**Data excerpts**
┄┄┄┄┄┄┄┄┄┄┄┄┄┄┄┄┄┄┄┄

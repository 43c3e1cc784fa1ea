// What a reply to a command for the header copies changes, one function for each reply.
#![tactic(auto)]

ghost use Rattle.std.specs.Prelude.{◌≡◌, ◌<◌, ◌≤◌};
ghost use Rattle.copies.specs.Copies.{progress_said, located_of, taken_of, confirmed_of, failed_at, next_group, onward_of, counted_of, failed_copy, failed_of};

use copies::Copies;
use geometry::{Address, GROUP_COPIES, Refusal, copy_at};

// A LOCATE answered good.
pub fn located(c: Copies) -> Copies
    ensures { result ≡ located_of c }
{
    Copies { locate: false, ..c }
}

// A WRITE answered good: the drive has taken a copy.
pub fn taken(c: Copies) -> Copies
    ensures { result ≡ taken_of c }
{
    Copies {
        copy: c.copy.wrapping_add(1),
        outstanding: c.outstanding.wrapping_add(1),
        ..c
    }
}

// The oldest n copies are on tape.
fn confirmed(c: Copies, n: u8) -> Copies
    requires { n ≤ c.outstanding }
    ensures { result ≡ confirmed_of c n }
{
    Copies {
        outstanding: c.outstanding - n,
        confirmed: c.confirmed.wrapping_add(n),
        ..c
    }
}

// The next group starts with a LOCATE of its first copy.
fn next_group(c: Copies) -> Copies
    ensures { result ≡ next_group c }
{
    Copies {
        group: 1,
        copy: 0,
        locate: true,
        ..c
    }
}

// A group whose copies are all through gives way to the next.
#[tactic(auto, unfolding(copies::specs::Copies::onward_of))]
fn onward(c: Copies) -> Result<Option<Copies>, Refusal>
    ensures { progress_said result ≡ onward_of c }
{
    if c.copy < GROUP_COPIES || 0 < c.outstanding {
        return Ok(Some(c));
    }
    if c.group == 0 {
        return Ok(Some(next_group(c)));
    }
    if c.confirmed == 0 {
        return Err(Refusal::NotFound);
    }
    Ok(None)
}

// READ POSITION answered good, with so many frames still buffered.
#[tactic(auto, unfolding(copies::specs::Copies::counted_of))]
pub fn counted(c: Copies, buffered: u32) -> Result<Option<Copies>, Refusal>
    ensures { progress_said result ≡ counted_of c buffered }
{
    if (c.outstanding as u32) < buffered {
        return Err(Refusal::Reply);
    }
    let n = c.outstanding - (buffered as u8);
    onward(confirmed(c, n))
}

// The copy of index i failed and n before it are on tape: writing goes on behind it.
fn failed_at(c: Copies, n: u8, i: u8) -> Copies
    requires { i < 255 }
    ensures { result ≡ failed_at c n i }
{
    Copies {
        copy: i + 1,
        outstanding: 0,
        confirmed: c.confirmed.wrapping_add(n),
        locate: true,
        ..c
    }
}

// A write error of copy i, which must be outstanding.
#[tactic(auto, unfolding(copies::specs::Copies::failed_copy))]
fn failed_copy(c: Copies, i: u8) -> Result<Option<Copies>, Refusal>
    ensures { progress_said result ≡ failed_copy c i }
{
    let oldest = c.copy.saturating_sub(c.outstanding);
    if i < oldest || c.copy <= i {
        return Err(Refusal::Reply);
    }
    onward(failed_at(c, i - oldest, i))
}

// A write error at p, which must be the address of an outstanding copy.
pub fn failed(c: Copies, p: Address) -> Result<Option<Copies>, Refusal>
    ensures { progress_said result ≡ failed_of c p }
{
    failed_copy(c, copy_at(c.group, p))
}
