//! The texts of events and of their numbers.

use super::{ChangeEvent, Id};
use std::fmt;

/// Formats the number as a `u64`.
impl fmt::Display for Id {
    ghost use Rattle.std.specs.Prelude.{Some};
    ghost use Rattle.std.specs.Fmt.{decimal};

    ghost output = { λ id. Some (decimal id.0) };

    fn fmt<W: fmt::Write>(&self, f: &mut fmt::Formatter<W>) -> fmt::Result {
        fmt::Display::fmt(&self.0, f)
    }
}

/// Formats the event as one line without its end, as in `7 insert 9 5 2`.
///
/// The line has the number, the change, the last item of the node, and then the item and its index.
impl<T: fmt::Display> fmt::Display for ChangeEvent<T> {
    ghost use Rattle.indexset_events.specs.Text.{event_shown};

    ghost output = { event_shown T.output };

    fn fmt<W: fmt::Write>(&self, f: &mut fmt::Formatter<W>) -> fmt::Result {
        let id = self.id();
        match self {
            ChangeEvent::InsertAt {
                max_value: max,
                value,
                index,
                ..
            } => write!(f, "{id} insert {max} {value} {index}"),
            ChangeEvent::RemoveAt {
                max_value: max,
                value,
                index,
                ..
            } => write!(f, "{id} remove {max} {value} {index}"),
            ChangeEvent::CreateNode { max_value: max, .. } => write!(f, "{id} create {max}"),
            ChangeEvent::RemoveNode { max_value: max, .. } => write!(f, "{id} drop {max}"),
            ChangeEvent::SplitNode {
                max_value: max,
                split_index,
                ..
            } => write!(f, "{id} split {max} {split_index}"),
            ChangeEvent::MergeNodes {
                max_value: max,
                next_max_value: next,
                ..
            } => write!(f, "{id} merge {max} {next}"),
        }
    }
}
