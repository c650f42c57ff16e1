// River text as a language of the road.
ghost use Rattle.std.specs.Prelude.{false};
ghost use Rattle.river_langs.specs.Sources.{river_in};

use brooklet_run::run_lines;
use brooklet_step::Outcome;
use river_base::{Bytes, Listed, NoMemory};
use river_outside::Stop;
use river_road::{Compiled, FileContent, Language, inputs_of, refused_program};
use river_text::{RiverFault, RiverPlan, compile_river};
use std::alloc::Global;
use text_forms::TextFault;

/// River text, which is a plan; it alone gives capacities to queues.
#[derive(Clone, Copy)]
pub struct River;

impl Language for River {
    type Program = ();

    ghost source = { river_in };

    ghost stands = { λ s t. Unit {0} };

    ghost more = { false };

    fn takes_more() -> bool {
        false
    }

    fn compile(alloc: Global, text: &Bytes) -> Result<Compiled<()>, Stop> {
        match compile_river(alloc, text) {
            Ok(RiverPlan { plan, caps }) => Ok(Compiled {
                plan,
                caps,
                program: (),
            }),
            Err(RiverFault::Text(TextFault::NoMemory)) => Err(Stop::NoMemory),
            Err(fault) => Err(Stop::Refused(refused_program(alloc, fault)?)),
        }
    }

    fn mean(
        alloc: Global,
        compiled: &Compiled<()>,
        files: Listed<FileContent>,
    ) -> Result<Outcome, NoMemory> {
        run_lines(alloc, &compiled.plan, inputs_of(alloc, files)?)
    }
}
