// What is printed of the cases.
use crate::fault::CaseFault;
use river_base::{Bytes, Text};
use std::alloc::Global;
use std::io;
use std::io::Write;

/// How many cases were tried, and how many of them were right.
#[derive(Clone, Copy)]
pub(crate) struct Tally {
    pub tried: u32,
    pub right: u32,
}

impl Tally {
    /// Counts a case.
    pub fn count(&mut self, is_right: bool) {
        self.tried = self.tried.saturating_add(1);
        self.right = self.right.saturating_add(u32::from(is_right));
    }

    /// Whether so many were tried, one at least, and all were right.
    pub fn is_right(self, wanted: u32) -> bool {
        self.tried > 0 && self.right == self.tried && self.tried == wanted
    }
}

/// What a run ended with, and what it wrote.
#[derive(Clone, Copy)]
pub(crate) struct Ran<'a> {
    pub status: u8,
    pub out: &'a [u8],
    pub err: &'a [u8],
}

/// Prints what a case gave that is not what it says.
pub(crate) fn show_wrong<R: Print>(
    rt: &R,
    alloc: Global,
    title: &[u8],
    ran: Ran<'_>,
) -> Result<(), CaseFault> {
    let mut status = Bytes::new(alloc);
    status.put_number(ran.status)?;
    let parts: [&[u8]; 8] = [
        b"wrong: ",
        title,
        b"\nstatus ",
        status.as_slice(),
        b"\nout\n",
        first(ran.out),
        b"\nerr\n",
        first(ran.err),
    ];
    show(rt, &parts)
}

fn show<R: Print>(rt: &R, parts: &[&[u8]]) -> Result<(), CaseFault> {
    let mut to = io::writer(rt);
    for part in parts {
        to.write_all(part)?;
    }
    to.write_all(b"\n")?;
    Ok(())
}

/// Prints which words stood behind those of a case.
pub(crate) fn show_more<R: Print>(rt: &R, more: &[Text]) -> Result<(), CaseFault> {
    let mut to = io::writer(rt);
    to.write_all(b"behind its words")?;
    for word in more {
        to.write_all(b" ")?;
        to.write_all(word.as_slice())?;
    }
    to.write_all(b"\n")?;
    Ok(())
}

// The first bytes.
fn first(bytes: &[u8]) -> &[u8] {
    bytes.get(..2000).unwrap_or(bytes)
}

/// Prints why the cases cannot be gone through.
pub(crate) fn show_fault<R: Print>(rt: &R, line: u32, fault: CaseFault) -> io::Result<()> {
    match fault {
        CaseFault::Line => println!(rt; "line {line} cannot be read, or may not stand there"),
        CaseFault::NoMemory => println!(rt; "line {line}: out of memory"),
        CaseFault::Output => Ok(()),
    }
}

/// Prints how many were right.
pub(crate) fn show_tally<R: Print>(rt: &R, tally: Tally, wanted: u32) -> io::Result<()> {
    let Tally { tried, right } = tally;
    if tried != wanted {
        return println!(rt; "{tried} cases, where the first line says {wanted}");
    }
    println!(rt; "{right} of {tried} cases are right")
}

┄┄┄┄┄┄┄┄┄┄┄┄┄┄┄┄┄┄┄┄

**Description of the task**
Going through the entries above, count the lines that include "RiverFault" and state only the result.

**Written solution**
2